IE 11 is not supported. For an optimal experience visit our site on another browser.

Cloning SpaceShipOne

If you're a fan of SpaceShipOne, the world's first privately developed manned spacecraft, it's pretty hard to beat last year's act at the EAA AirVenture show in Oshkosh, Wis., when the historic rocket plane was flown in for an appearance on the way to the Smithsonian. But today, AirVenture is unveiling a replica in its Oshkosh museum that can do something the original is no longer able to accomplish.

Don't expect the replica to zoom out of the place where it's hung in the AirVenture Museum to the edge of outer space, like its forebear did back in 2004 to win the $10 million Ansari X Prize. But the SpaceShipClone will be able to fold its wings into the "shuttlecock feather" configuration that SpaceShipOne used during its descent.

EAA AirVenture Museum
SpaceShipOne museum replica assumes the feathered position.
You can see the folding trick in the images and video offered on this museum Web page. "They plan to show a SpaceShipOne video every hour that interacts with lights on the replica as it feathers in sync with the video flight footage," spacecraft designer Burt Rutan told me in an e-mail during the buildup to today's exhibit dedication.

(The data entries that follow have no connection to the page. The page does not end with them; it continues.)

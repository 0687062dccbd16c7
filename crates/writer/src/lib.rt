// Numbers and year-month-day texts, written into a buffer that is lent. Each call answers for any buffer and any offset.
// For users: `write_ymd`, `put_number` and `put_whole`. For the crates above: all else.
#![tactic(auto)]

pub mod buffer;
pub mod decimals;

ghost use Rattle.std.specs.Prelude.{◌≡◌, true, ◌+◌, ◌≤◌, length};
ghost use Rattle.writer.specs.Promise.{Writes, PutNumber, PutWhole, WriteYmd, digits_of, whole_text, Signs};
ghost use Rattle.writer.specs.Laws.{PutText};
ghost use Rattle.writer.specs.Laws.{whole_width};

use refusals::Refusal;

// The last k digits of n from `at` on, and the offset after them.
fn put_digits(buf: &mut [u8], at: usize, n: u64, k: usize) -> usize
    requires { at + k ≤ length buf.old }
    ensures { PutText buf.old at (digits_of k n) buf.new result }
{
    let mut rest = n;
    for i in (0..k).rev() {
        buf[at + i] = b'0' + (rest % 10) as u8;
        rest /= 10;
    }
    at + k
}

// A `-` and the last k digits of n, as in a negative number, or in a date before the month and the day.
fn put_dashed(buf: &mut [u8], at: usize, n: u64, k: usize) -> usize
    requires { at + 1 + k ≤ length buf.old }
    ensures { PutText buf.old at (whole_text true k n) buf.new result }
{
    buf[at] = b'-';
    put_digits(buf, at + 1, n, k)
}

// A number with its sign: k is the width of its magnitude n.
fn put_signed(buf: &mut [u8], at: usize, negative: bool, n: u64, k: usize) -> usize
    requires { at + whole_width negative k ≤ length buf.old }
    ensures { PutText buf.old at (whole_text negative k n) buf.new result }
{
    if negative {
        put_dashed(buf, at, n, k)
    } else {
        put_digits(buf, at, n, k)
    }
}

fn signed_width(negative: bool, k: usize) -> usize
    requires { k ≤ 20 }
    ensures { (result ≡ whole_width negative k) × (result ≤ 21) }
{
    if negative { k + 1 } else { k }
}

// A sign and a magnitude, with no padding, from `at` on: the answer tells the offset after it.
pub fn put_at(buf: &mut [u8], at: usize, negative: bool, n: u64) -> Result<usize, Refusal>
    ensures { Writes (Signs negative n) buf.old at buf.new result }
{
    let k = decimals::width(n);
    let size = signed_width(negative, k);
    if buffer::has_room(buf.len(), at, size) {
        Ok(put_signed(buf, at, negative, n, k))
    } else {
        Err(refusals::refusal_with(18, size as u32))
    }
}

// A number likewise.
pub fn put_number(buf: &mut [u8], at: usize, n: u32) -> Result<usize, Refusal>
    ensures { PutNumber n buf.old at buf.new result }
{
    put_at(buf, at, false, n as u64)
}

// A whole number, with a `-` where it is negative.
pub fn put_whole(buf: &mut [u8], at: usize, x: i64) -> Result<usize, Refusal>
    ensures { PutWhole x buf.old at buf.new result }
{
    let negative = whole::is_negative(x);
    let n = whole::magnitude(x);
    put_at(buf, at, negative, n)
}

// The text of a date at the front of the buffer: the answer tells its length.
pub fn write_ymd(buf: &mut [u8], year: i32, month: u32, day: u32) -> Result<usize, Refusal>
    ensures { WriteYmd year month day buf.old buf.new result }
{
    let x = whole::widened(year);
    let negative = whole::is_negative(x);
    let n = whole::magnitude(x);
    let ky = decimals::width(n);
    let m = month as u64;
    let km = decimals::width(m);
    let d = day as u64;
    let kd = decimals::width(d);
    let size = signed_width(negative, ky) + km + kd + 2;
    if buf.len() < size {
        return Err(refusals::refusal_with(18, size as u32));
    }
    let second = put_signed(buf, 0, negative, n, ky);
    let third = put_dashed(buf, second, m, km);
    let end = put_dashed(buf, third, d, kd);
    Ok(end)
}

Rutan regards the "feathering" action of the wings as one of the project's chief innovations, since it made SpaceShipOne's "carefree re-entry" possible. And he'll use the trick again in the next-generation SpaceShipTwo that is due for its rollout a little more than a year from now. A fleet of SpaceShipTwos could start carrying paying passengers into space by 2008 or so.

Rutan said he had hoped the wings could have been folded and unfolded on the original SpaceShipOne in the Smithsonian's National Air and Space Museum.

"I wanted the NASM in D.C. to feather the real ship on odd years," he wrote, "but they placed it so the tails would hit the Spirit of St. Louis."